Строго следить за тем, чтобы камеры, в которых содержатся заключённые, были всегда заперты, чтобы не допускался переход арестантов из одной камеры в другую, и чтобы в камерах не устраивались занавески и загородки, затрудняющие или даже делающие совершенно невозможным надзор. Требовать, чтобы выпуск арестантов на прогулки, в баню, отхожие места допускались только небольшими партиями для обеспечения надзора. Категорически запрещаются отлучки арестантов из мест заключения, даже если это свидание с родственниками.
Несмотря на изложенные выше требования к тюремной администрации в Горно-Зерентуйской тюрьме продолжаются беспорядки и побеги.

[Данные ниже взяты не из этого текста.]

impl Hand {
    /// Makes a hand before any act. It takes the room for its end; want of memory hands the start back.
    #[inline(never)]
    pub fn new(alloc: Global, start: HandStart) -> Result<Hand, HandStart>
        requires { IsLawfulStart start }
        ensures hand { IfOk result (λ hand. hand ≡ record { start = start; acts = [] }) }
        ensures played { IfOk result (λ hand. IsLawfulPlay hand) }
        ensures back { IfErr result (λ back. back ≡ start) }
    {
        let Ok(stacks) = Vec::from_elem(alloc, 0, start.seats.items().len()) else {
            return Err(start);
        };
        let Ok(acts) = Vec::with_capacity(alloc, ACTS_OF_MOST) else {
            return Err(start);
        };
        let mut betting = Betting::first(&start);
        let dead = betting.before;
        betting.deal_on(&start);
        let mut tally = PotTally::of(&first_puts(&start));
        tally.add_dead(dead);
        Ok(Hand {
            start,
            acts: List::from_vec(acts),
            betting,
            tally,
            stacks,
        })
    }

    /// Tells how the hand started. Every hand started lawfully and was played lawfully so far.
    pub fn start(&self) -> &HandStart
        ensures same { result.now ≡ self.now.start }
        ensures lawful { IsLawfulStart self.now.start }
        ensures played { IsLawfulPlay self.now }
    {
        &self.start
    }

    /// Gives the seat of the player who is due, if somebody is.
    fn due_seat(&self) -> Option<u8>
        ensures { result ≡ due_in_hand self.now }
    {
        self.betting.round.due()
    }

    /// Gives the name of the player who is due. `None` exactly where nobody is.
    pub fn due(&self) -> Option<Name>
        ensures name { result ≡ due_name self.now }
        ensures nobody { is_none result ≡ is_none (due_in_hand self.now) }
    {
        let seat = self.due_seat()?;
        self.start.name_in_seat(seat)
    }

    /// Tells what the player who is due faces. `None` exactly where nobody is due.
    pub fn facing(&self) -> Option<Facing>
        ensures facing { result ≡ option_map (facing_in (street_of self.now)) (due_in_hand self.now) }
        ensures few { IfSome result AreFewChips }
    {
        let seat = self.due_seat()?;
        Some(self.betting.round.facing(seat))
    }

    /// Gives the fixed limit of the player who is due. `None` exactly where there is no cap or nobody is due. It takes
    /// no memory.
    pub fn limit(&self) -> Option<FixedLimit>
        ensures { result ≡ limit_in_hand self.now }
    {
        if self.start.cap == 0 {
            return None;
        }
        let limit = self.betting.limit(self.start.cap);
        self.due_seat().map(|_| limit)
    }

    /// Gives the seat of the player of this name, if he is dealt in. Who acts is mostly due, and then there is no
    /// search.
    fn seat_of_name(&self, name: Name) -> Option<u8>
        ensures seat { result ≡ seat_of_name self.now.start name }
        ensures played { IsLawfulPlay self.now }
    {
        if let Some(seat) = self.betting.round.due() {
            if self.start.has_in_seat(seat, name) {
                return Some(seat);
            }
        }
        self.start.seat_of_name(name)
    }

    /// Tells whether the hand is over: nobody is due on the street and on no later one.
    pub fn is_over(&self) -> bool
        ensures { result ≡ is_over self.now }
    {
        self.due_seat().is_none()
    }

    /// Tells whether one player alone is live.
    pub fn is_won_by_folds(&self) -> bool
        ensures { result ≡ is_won_by_folds self.now }
    {
        self.betting.round.is_one_live()
    }

    /// Tells what the player in a seat does where time is called on him.
    fn act_in_time(&self, seat: u8) -> Act
        ensures { result ≡ act_in_time self.now seat }
    {
        let facing = self.betting.round.facing(seat);
        if facing.put < facing.level {
            Act::Fold
        } else {
            Act::Check
        }
    }

    /// Accepts an act of the player in a seat, where no check holds.
    // What is accepted is made where it is taken, and is not moved there from a call.
    #[inline(always)]
    fn accept_in_seat(&self, seat: u8, entry: ActOf) -> Result<Accepted, Refusal>
        requires seat { seat_of_name self.now.start entry.name ≡ Some seat }
        requires timed { entry.by_time ≡ true → entry ≡ time_act self.now }
        ensures err { IfErr result (λ refusal. refusal_of_act self.now entry.name entry.act ≡ Some refusal) }
        ensures entry { IfOk result (λ accepted. accepted.entry ≡ entry) }
        ensures accepted { IfOk result (λ accepted. IsAccepted self.now accepted) }
        ensures played { IsLawfulPlay self.now }
    {
        let done = self.betting.check(&self.start, seat, entry.act)?;
        Ok(Accepted { seat, entry, done })
    }

    /// Accepts an act of a player, where no check holds.
    #[inline(always)]
    fn accept(&self, name: Name, act: Act) -> Result<Accepted, Refusal>
        ensures err { IfErr result (λ refusal. refusal_of_act self.now name act ≡ Some refusal) }
        ensures entry { IfOk result (λ accepted.
            accepted.entry ≡ record { name = name; act = act; by_time = false }) }
        ensures accepted { IfOk result (λ accepted. IsAccepted self.now accepted) }
        ensures played { IsLawfulPlay self.now }
    {
        let Some(seat) = self.seat_of_name(name) else {
            return Err(Refusal::NotDealt);
        };
        let entry = ActOf {
            name,
            act,
            by_time: false,
        };
        self.accept_in_seat(seat, entry)
    }

    /// Accepts a called time, where somebody is due.
    fn accept_time(&self) -> Result<Accepted, Refusal>
        ensures ok { OnOk result (refusal_of_time self.now ≡ None) }
        ensures err { IfErr result (λ refusal. refusal_of_time self.now ≡ Some refusal) }
        ensures entry { IfOk result (λ accepted. accepted.entry ≡ time_act self.now) }
        ensures accepted { IfOk result (λ accepted. IsAccepted self.now accepted) }
        ensures played { IsLawfulPlay self.now }
    {
        let Some(seat) = self.betting.round.due() else {
            return Err(Refusal::HandOver);
        };
        let Some(name) = self.start.name_in_seat(seat) else {
            return Err(Refusal::HandOver);
        };
        let entry = ActOf {
            name,
            act: self.act_in_time(seat),
            by_time: true,
        };
        self.accept_in_seat(seat, entry)
    }

    /// Tells what an act of a player would come to. It is refused exactly with the first check of `act_checks` that
    /// holds: NotDealt (20) where the player is not dealt in, NotTurn (21), HandOver (22), and those of the act. It
    /// takes no memory.
    pub fn check(&self, name: Name, act: Act) -> Result<Done, Refusal>
        ensures ok { OnOk result (refusal_of_act self.now name act ≡ None) }
        ensures err { IfErr result (λ refusal. refusal_of_act self.now name act ≡ Some refusal) }
        ensures done { IfOk result (λ done. done ≡ done_of_act self.now name act) }
    {
        Ok(self.accept(name, act)?.done)
    }

    /// Tells what a called time would come to. It is refused with HandOver (22) exactly where nobody is due. It takes
    /// no memory.
    pub fn check_time(&self) -> Result<Done, Refusal>
        ensures ok { OnOk result (refusal_of_time self.now ≡ None) }
        ensures err { IfErr result (λ refusal. refusal_of_time self.now ≡ Some refusal) }
        ensures done { IfOk result (λ done. done ≡ done_of_time self.now) }
    {
        Ok(self.accept_time()?.done)
    }

    /// Takes an act that is not refused, once there is room for it. Want of memory leaves the hand as it was.
    #[inline(always)]
    fn take(&mut self, accepted: Accepted) -> Result<Done, AllocError>
        requires { IsAccepted self.old accepted }
        ensures state { OnOk result (self.new ≡ record self.old { acts = self.old.acts ++ accepted.entry ∷ [] }) }
        ensures done { IfOk result (λ done. done ≡ accepted.done) }
        ensures err { OnErr result (self.new ≡ self.old) }
        ensures played { IsLawfulPlay self.new }
    {
        let seat = accepted.seat;
        self.acts.push(accepted.entry)?;
        let put_in = self.betting.take(seat, accepted.entry.act);
        tell(&mut self.tally, seat, put_in, accepted.entry.act);
        self.betting.deal_on(&self.start);
        Ok(accepted.done)
    }

    /// Takes an act of a player. It is refused exactly as `check` says. `NoMemory` is want of memory for an act that is
    /// not refused. Either leaves the hand as it was.
    pub fn act(&mut self, name: Name, act: Act) -> Result<Done, ActFault>
        ensures answer { IsAnswer (refusal_of_act self.old name act) result }
        ensures state { OnOk result (self.new ≡ hand_after self.old name act false) }
        ensures done { IfOk result (λ done. done ≡ done_of_act self.old name act) }
        ensures err { OnErr result (self.new ≡ self.old) }
        ensures played { IsLawfulPlay self.new }
    {
        let accepted = self.accept(name, act)?;
        Ok(self.take(accepted)?)
    }

    /// Calls time. The player who is due folds where he has put in less than the bet level, and else he checks. It is
    /// refused exactly as `check_time` says. `NoMemory` is want of memory where somebody is due. Either leaves the hand
    /// as it was.
    pub fn time(&mut self) -> Result<Done, ActFault>
        ensures answer { IsAnswer (refusal_of_time self.old) result }
        ensures state { OnOk result (self.new ≡ hand_after_time self.old) }
        ensures done { IfOk result (λ done. done ≡ done_of_time self.old) }
        ensures err { OnErr result (self.new ≡ self.old) }
        ensures played { IsLawfulPlay self.new }
    {
        let accepted = self.accept_time()?;
        Ok(self.take(accepted)?)
    }

    /// Tells what the players get of the pots at the showdown of a hand that is over, in chips, by seat: index 0 is
    /// seat 1.
    #[inline(never)]
    fn showdown_awards(&self) -> [u64; 10]
        requires over { IsTrue (is_over self.now) }
        requires many { is_won_by_folds self.now ≡ false }
        ensures awards { result ≡ showdown_awards self.now }
        ensures few { sum result < 2 ^ 53 }
    {
        let players = players_by_seat(&self.start);
        let dealt = dealt_seats(&self.start, &players);
        let live = all_live(&self.start, &players, dealt, &self.betting.round);
        award_pots(
            &self.tally.pots(),
            &live,
            board_of(&self.start, dealt),
            self.start.game,
            self.start.blind.unit,
            self.start.marks.button,
            self.start.seat_count,
        )
    }

    /// Tells what the players get of the pots of a hand that is over. It takes no memory.
    pub fn awards(&self) -> Awards
        requires { IsTrue (is_over self.now) }
        ensures awards { result ≡ awards_in_hand self.now }
        ensures most { most_awarded result < 2 ^ 53 }
    {
        if self.is_won_by_folds() {
            return Awards::Sole(self.betting.before + self.betting.round.put());
        }
        Awards::BySeat(self.showdown_awards())
    }

    /// Tells whether a player is live. He is until he folds.
    pub fn is_live(&self, player: &StartSeat) -> bool
        ensures { result ≡ is_live self.now player.now }
    {
        match self.betting.round.bettor(player.seat) {
            Some(bettor) => bettor.live,
            None => false,
        }
    }

    /// Tells how many streets may still begin: 3 before the flop, and none once the river has begun.
    pub fn streets_left(&self) -> u8
        ensures { result ≡ (streets_of self.now).left }
    {
        self.betting.left
    }

    /// Tells what a player of a hand that is over gets, in chips. It takes no memory.
    pub fn award(&self, player: &StartSeat) -> u64
        requires over { IsTrue (is_over self.now) }
        requires first { 1 ≤ player.now.seat }
        requires last { player.now.seat ≤ 10 }
        ensures { result ≡ award self.now player.now }
    {
        self.awards().award_in(player.seat, self.is_live(player))
    }

    /// Ends a hand that is over: where one player alone is live he gets everything, else each pot goes to the best
    /// hands of those who are eligible for it. It takes no memory.
    #[inline(never)]
    pub fn finish(self) -> HandRecord
        requires { IsTrue (is_over self) }
        ensures start { result.start ≡ self.start }
        ensures acts { result.acts ≡ self.acts }
        ensures complete { IsCompletePlay result }
        ensures kept { sum result.stacks ≡ sum (starting_stacks self) }
    {
        let awards = self.awards();
        let mut stacks = self.stacks;
        pay(
            &mut stacks,
            self.start.seats.items(),
            &self.betting.round,
            &awards,
        );
        HandRecord {
            start: self.start,
            acts: self.acts,
            stacks: List::from_vec(stacks),
        }
    }

    /// Gives the start and the acts. It takes no memory.
    pub fn into_parts(self) -> (HandStart, List<ActOf>)
        ensures start { result.0 ≡ self.start }
        ensures acts { result.1 ≡ self.acts }
        ensures lawful { IsLawfulStart self.start }
        ensures played { IsLawfulPlay self }
    {
        let Hand { start, acts, .. } = self;
        (start, acts)
    }

    /// Gives the start back, as if nothing had been dealt. It takes no memory.
    pub fn void(self) -> HandStart
        ensures same { result ≡ self.start }
        ensures lawful { IsLawfulStart result }
    {
        let Hand { start, .. } = self;
        start
    }
}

В своих докладах чиновники ГТУ указывают на полное отсутствие определенного законом режима содержания заключенных: камеры открыты, арестанты переходят из одной камеры в другую, имеют собственную одежду и вещи. Начальники мест заключения халатно относятся к своим обязанностям, надзиратели надлежащим образом не готовятся, обыски и осмотры камер производятся редко, обходы тюрем, особенно ночью, не делаются.
Учитывая сложившуюся обстановку, ГТУ в дополнение к вышеприведённому циркуляру указывает:
1. Тюремной администрации выполнять только закон и не выполнять требований заключённых. В особых случаях можно прибегнуть к содействию войск.
2. Снимать кандалы по истечении 2/3 срока заключения.
3. Курение табаку разрешать только за хорошее поведение и работу.
4. Тюремной администрации самоотверженно и до конца исполнять возложенный на них служебный долг”.
Чиновники ГТУ всеми силами старались навести порядок, соответствующий законам государства в местах заключения, но события первой русской революции и отклик на них в тюрьмах Империи сводили к нулю эти попытки администрации. Исключением не стал и Горный Зерентуй, где на протяжении нескольких лет после революции существовал весьма свободный режим, и тюрьма считалась одной из “отбитых” (по определению самих каторжан, боровшихся с тюремной администрацией).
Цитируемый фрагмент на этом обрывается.